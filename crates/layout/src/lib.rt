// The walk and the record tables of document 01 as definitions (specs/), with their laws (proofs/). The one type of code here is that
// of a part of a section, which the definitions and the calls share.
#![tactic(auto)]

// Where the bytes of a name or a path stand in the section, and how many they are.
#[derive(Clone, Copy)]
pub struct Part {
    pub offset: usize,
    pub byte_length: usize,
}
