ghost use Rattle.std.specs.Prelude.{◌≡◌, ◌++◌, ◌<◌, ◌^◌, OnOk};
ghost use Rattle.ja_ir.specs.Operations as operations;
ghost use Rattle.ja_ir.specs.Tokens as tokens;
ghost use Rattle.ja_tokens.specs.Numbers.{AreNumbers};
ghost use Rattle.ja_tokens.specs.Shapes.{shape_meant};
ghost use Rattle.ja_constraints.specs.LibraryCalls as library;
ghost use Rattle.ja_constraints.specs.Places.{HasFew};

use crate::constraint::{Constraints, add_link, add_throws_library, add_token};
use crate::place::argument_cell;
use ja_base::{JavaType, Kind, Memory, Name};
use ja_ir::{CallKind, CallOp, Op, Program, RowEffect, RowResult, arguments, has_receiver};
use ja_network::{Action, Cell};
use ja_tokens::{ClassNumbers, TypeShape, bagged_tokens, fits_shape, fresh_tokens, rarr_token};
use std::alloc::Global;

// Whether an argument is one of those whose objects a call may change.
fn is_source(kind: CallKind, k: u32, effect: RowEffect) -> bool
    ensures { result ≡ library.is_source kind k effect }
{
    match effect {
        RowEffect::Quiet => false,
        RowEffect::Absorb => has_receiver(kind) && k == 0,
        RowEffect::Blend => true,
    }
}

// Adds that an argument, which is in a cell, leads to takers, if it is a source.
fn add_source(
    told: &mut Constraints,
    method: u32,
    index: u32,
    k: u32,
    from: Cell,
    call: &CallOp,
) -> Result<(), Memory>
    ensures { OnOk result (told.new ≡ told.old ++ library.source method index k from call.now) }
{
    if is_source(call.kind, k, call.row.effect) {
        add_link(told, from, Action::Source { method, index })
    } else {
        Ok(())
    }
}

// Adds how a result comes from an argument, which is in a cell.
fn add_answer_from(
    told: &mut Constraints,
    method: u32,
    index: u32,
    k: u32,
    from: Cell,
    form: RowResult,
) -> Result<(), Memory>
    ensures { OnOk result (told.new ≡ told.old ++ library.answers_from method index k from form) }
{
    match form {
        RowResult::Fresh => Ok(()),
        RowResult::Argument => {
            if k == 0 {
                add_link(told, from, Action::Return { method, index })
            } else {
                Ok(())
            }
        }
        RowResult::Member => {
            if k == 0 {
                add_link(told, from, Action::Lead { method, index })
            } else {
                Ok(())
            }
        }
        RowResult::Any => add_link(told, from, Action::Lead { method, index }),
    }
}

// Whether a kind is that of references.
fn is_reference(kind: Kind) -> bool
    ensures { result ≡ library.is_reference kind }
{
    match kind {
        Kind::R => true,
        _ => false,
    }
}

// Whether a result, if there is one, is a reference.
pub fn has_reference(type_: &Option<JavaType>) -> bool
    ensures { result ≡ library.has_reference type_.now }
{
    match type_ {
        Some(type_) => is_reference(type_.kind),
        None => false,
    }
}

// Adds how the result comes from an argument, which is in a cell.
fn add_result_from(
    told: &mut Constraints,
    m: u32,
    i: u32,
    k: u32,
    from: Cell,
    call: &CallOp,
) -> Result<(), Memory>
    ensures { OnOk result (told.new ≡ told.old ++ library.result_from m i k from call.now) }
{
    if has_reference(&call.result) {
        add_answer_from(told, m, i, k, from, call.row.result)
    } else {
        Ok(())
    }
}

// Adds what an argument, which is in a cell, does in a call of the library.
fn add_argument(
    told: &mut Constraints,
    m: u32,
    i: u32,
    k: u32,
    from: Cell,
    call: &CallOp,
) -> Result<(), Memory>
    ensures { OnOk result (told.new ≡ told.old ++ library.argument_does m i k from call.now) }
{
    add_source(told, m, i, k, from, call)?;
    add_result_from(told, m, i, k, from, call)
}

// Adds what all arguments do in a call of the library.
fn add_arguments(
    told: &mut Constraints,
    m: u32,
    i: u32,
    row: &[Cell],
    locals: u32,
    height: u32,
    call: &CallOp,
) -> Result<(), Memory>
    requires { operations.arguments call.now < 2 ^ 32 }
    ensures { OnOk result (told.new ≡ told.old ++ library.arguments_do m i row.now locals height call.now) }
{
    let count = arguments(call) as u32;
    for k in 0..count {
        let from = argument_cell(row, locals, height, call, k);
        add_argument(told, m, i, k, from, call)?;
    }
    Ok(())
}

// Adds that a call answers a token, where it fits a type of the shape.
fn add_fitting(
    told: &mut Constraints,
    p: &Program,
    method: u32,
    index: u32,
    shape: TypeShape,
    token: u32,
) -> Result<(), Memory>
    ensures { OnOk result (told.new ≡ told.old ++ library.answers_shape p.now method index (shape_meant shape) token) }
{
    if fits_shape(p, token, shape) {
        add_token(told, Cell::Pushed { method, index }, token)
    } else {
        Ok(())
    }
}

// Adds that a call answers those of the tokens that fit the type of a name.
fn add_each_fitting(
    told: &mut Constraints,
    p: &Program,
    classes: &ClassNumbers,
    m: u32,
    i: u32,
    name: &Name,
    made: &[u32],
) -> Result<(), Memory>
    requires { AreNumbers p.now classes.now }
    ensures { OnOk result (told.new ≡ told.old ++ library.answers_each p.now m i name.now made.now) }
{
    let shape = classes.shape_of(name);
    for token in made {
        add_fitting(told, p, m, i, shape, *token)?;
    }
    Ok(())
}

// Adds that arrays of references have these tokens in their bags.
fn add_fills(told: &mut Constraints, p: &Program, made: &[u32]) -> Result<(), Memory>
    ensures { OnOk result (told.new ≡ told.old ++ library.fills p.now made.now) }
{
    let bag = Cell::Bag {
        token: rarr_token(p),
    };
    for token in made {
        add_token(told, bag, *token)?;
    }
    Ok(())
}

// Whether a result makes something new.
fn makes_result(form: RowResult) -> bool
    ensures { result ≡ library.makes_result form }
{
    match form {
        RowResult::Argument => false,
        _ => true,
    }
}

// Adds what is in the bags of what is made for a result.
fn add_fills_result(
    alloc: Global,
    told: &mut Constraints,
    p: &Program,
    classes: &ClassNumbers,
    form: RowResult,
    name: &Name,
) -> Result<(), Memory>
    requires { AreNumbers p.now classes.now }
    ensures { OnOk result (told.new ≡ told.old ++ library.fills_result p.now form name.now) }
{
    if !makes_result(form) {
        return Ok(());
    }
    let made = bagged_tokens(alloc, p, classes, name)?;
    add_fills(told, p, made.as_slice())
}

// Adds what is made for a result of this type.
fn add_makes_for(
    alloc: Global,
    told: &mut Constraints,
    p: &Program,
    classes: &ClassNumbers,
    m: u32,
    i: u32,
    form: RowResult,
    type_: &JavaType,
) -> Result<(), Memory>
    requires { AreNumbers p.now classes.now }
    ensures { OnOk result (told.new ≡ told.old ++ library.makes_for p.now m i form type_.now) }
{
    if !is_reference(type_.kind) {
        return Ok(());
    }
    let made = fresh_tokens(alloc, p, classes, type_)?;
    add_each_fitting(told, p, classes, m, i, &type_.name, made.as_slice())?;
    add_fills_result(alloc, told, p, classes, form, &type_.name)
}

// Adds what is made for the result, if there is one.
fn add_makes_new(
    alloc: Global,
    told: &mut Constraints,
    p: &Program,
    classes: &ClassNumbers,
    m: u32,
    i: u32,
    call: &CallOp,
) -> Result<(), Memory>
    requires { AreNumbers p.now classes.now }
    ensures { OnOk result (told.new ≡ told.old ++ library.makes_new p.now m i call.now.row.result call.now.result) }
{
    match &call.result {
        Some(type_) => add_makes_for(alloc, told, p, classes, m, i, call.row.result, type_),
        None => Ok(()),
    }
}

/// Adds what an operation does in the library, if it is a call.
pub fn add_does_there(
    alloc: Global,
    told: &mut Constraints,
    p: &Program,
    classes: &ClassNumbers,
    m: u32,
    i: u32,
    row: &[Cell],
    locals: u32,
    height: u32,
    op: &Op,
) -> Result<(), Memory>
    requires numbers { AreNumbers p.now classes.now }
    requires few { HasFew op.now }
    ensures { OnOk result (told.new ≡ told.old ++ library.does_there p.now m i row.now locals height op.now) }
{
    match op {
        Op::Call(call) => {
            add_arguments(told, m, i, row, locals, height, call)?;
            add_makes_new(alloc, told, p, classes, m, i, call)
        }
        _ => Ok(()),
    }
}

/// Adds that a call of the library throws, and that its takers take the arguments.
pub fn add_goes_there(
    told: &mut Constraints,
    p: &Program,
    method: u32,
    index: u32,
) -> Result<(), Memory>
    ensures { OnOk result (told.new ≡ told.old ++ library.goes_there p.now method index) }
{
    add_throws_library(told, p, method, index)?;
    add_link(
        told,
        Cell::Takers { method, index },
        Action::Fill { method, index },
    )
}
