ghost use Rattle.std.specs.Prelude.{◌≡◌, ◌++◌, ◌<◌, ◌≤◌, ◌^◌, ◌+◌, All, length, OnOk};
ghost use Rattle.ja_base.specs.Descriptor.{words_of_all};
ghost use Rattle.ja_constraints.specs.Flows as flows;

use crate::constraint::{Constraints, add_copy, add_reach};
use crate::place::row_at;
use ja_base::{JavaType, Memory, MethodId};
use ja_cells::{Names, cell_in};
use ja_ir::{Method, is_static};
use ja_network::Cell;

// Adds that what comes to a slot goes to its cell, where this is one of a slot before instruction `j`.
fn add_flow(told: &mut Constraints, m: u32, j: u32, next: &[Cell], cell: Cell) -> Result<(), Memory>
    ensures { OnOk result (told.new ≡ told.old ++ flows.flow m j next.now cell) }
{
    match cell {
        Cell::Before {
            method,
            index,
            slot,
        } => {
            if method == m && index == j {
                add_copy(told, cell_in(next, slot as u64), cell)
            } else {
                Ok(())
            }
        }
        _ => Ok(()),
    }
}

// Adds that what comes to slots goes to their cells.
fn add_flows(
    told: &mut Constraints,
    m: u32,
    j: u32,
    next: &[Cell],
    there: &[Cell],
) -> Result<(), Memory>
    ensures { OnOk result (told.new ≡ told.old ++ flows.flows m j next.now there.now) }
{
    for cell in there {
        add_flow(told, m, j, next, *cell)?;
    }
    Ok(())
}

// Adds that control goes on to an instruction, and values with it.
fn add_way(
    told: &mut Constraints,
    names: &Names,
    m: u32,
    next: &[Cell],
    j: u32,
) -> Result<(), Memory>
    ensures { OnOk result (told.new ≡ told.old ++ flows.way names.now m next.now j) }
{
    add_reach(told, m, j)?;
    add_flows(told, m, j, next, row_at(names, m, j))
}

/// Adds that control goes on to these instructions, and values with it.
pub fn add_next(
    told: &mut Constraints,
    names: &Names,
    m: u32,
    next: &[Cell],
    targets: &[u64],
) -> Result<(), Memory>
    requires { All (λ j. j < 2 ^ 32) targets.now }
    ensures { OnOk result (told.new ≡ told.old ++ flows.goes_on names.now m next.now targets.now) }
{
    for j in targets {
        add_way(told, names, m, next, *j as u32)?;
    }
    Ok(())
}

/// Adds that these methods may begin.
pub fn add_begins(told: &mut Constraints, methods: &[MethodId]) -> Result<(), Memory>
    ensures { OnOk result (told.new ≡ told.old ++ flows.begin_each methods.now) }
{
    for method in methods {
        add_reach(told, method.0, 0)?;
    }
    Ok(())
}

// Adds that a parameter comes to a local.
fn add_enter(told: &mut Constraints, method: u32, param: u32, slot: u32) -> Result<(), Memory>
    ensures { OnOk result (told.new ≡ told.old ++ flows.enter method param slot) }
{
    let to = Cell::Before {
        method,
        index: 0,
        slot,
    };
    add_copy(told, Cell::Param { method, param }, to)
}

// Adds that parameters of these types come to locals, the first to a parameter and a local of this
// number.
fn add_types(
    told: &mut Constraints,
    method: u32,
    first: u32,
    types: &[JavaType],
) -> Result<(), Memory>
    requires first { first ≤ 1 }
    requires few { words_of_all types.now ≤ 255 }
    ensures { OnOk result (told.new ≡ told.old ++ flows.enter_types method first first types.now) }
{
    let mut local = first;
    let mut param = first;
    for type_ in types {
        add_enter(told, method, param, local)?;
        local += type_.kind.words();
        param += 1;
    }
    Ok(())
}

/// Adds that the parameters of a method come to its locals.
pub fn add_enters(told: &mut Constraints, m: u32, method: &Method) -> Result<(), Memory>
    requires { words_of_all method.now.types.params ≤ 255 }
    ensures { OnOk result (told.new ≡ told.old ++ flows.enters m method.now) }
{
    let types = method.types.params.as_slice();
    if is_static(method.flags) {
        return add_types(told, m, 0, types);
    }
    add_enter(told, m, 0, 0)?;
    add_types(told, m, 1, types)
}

## What the exercise asks
Write out exactly the lines above between the line with "to their cells." and the line with "words_of_all types.now ≤", inclusive, and nothing beyond them.

## Answer box
// Adds that what comes to slots goes to their cells.
fn add_flows(
    told: &mut Constraints,
    m: u32,
    j: u32,
    next: &[Cell],
    there: &[Cell],
) -> Result<(), Memory>
    ensures { OnOk result (told.new ≡ told.old ++ flows.flows m j next.now there.now) }
{
    for cell in there {
        add_flow(told, m, j, next, *cell)?;
    }
    Ok(())
}

// Adds that control goes on to an instruction, and values with it.
fn add_way(
    told: &mut Constraints,
    names: &Names,
    m: u32,
    next: &[Cell],
    j: u32,
) -> Result<(), Memory>
    ensures { OnOk result (told.new ≡ told.old ++ flows.way names.now m next.now j) }
{
    add_reach(told, m, j)?;
    add_flows(told, m, j, next, row_at(names, m, j))
}

/// Adds that control goes on to these instructions, and values with it.
pub fn add_next(
    told: &mut Constraints,
    names: &Names,
    m: u32,
    next: &[Cell],
    targets: &[u64],
) -> Result<(), Memory>
    requires { All (λ j. j < 2 ^ 32) targets.now }
    ensures { OnOk result (told.new ≡ told.old ++ flows.goes_on names.now m next.now targets.now) }
{
    for j in targets {
        add_way(told, names, m, next, *j as u32)?;
    }
    Ok(())
}

/// Adds that these methods may begin.
pub fn add_begins(told: &mut Constraints, methods: &[MethodId]) -> Result<(), Memory>
    ensures { OnOk result (told.new ≡ told.old ++ flows.begin_each methods.now) }
{
    for method in methods {
        add_reach(told, method.0, 0)?;
    }
    Ok(())
}

// Adds that a parameter comes to a local.
fn add_enter(told: &mut Constraints, method: u32, param: u32, slot: u32) -> Result<(), Memory>
    ensures { OnOk result (told.new ≡ told.old ++ flows.enter method param slot) }
{
    let to = Cell::Before {
        method,
        index: 0,
        slot,
    };
    add_copy(told, Cell::Param { method, param }, to)
}

// Adds that parameters of these types come to locals, the first to a parameter and a local of this
// number.
fn add_types(
    told: &mut Constraints,
    method: u32,
    first: u32,
    types: &[JavaType],
) -> Result<(), Memory>
    requires first { first ≤ 1 }
    requires few { words_of_all types.now ≤ 255 }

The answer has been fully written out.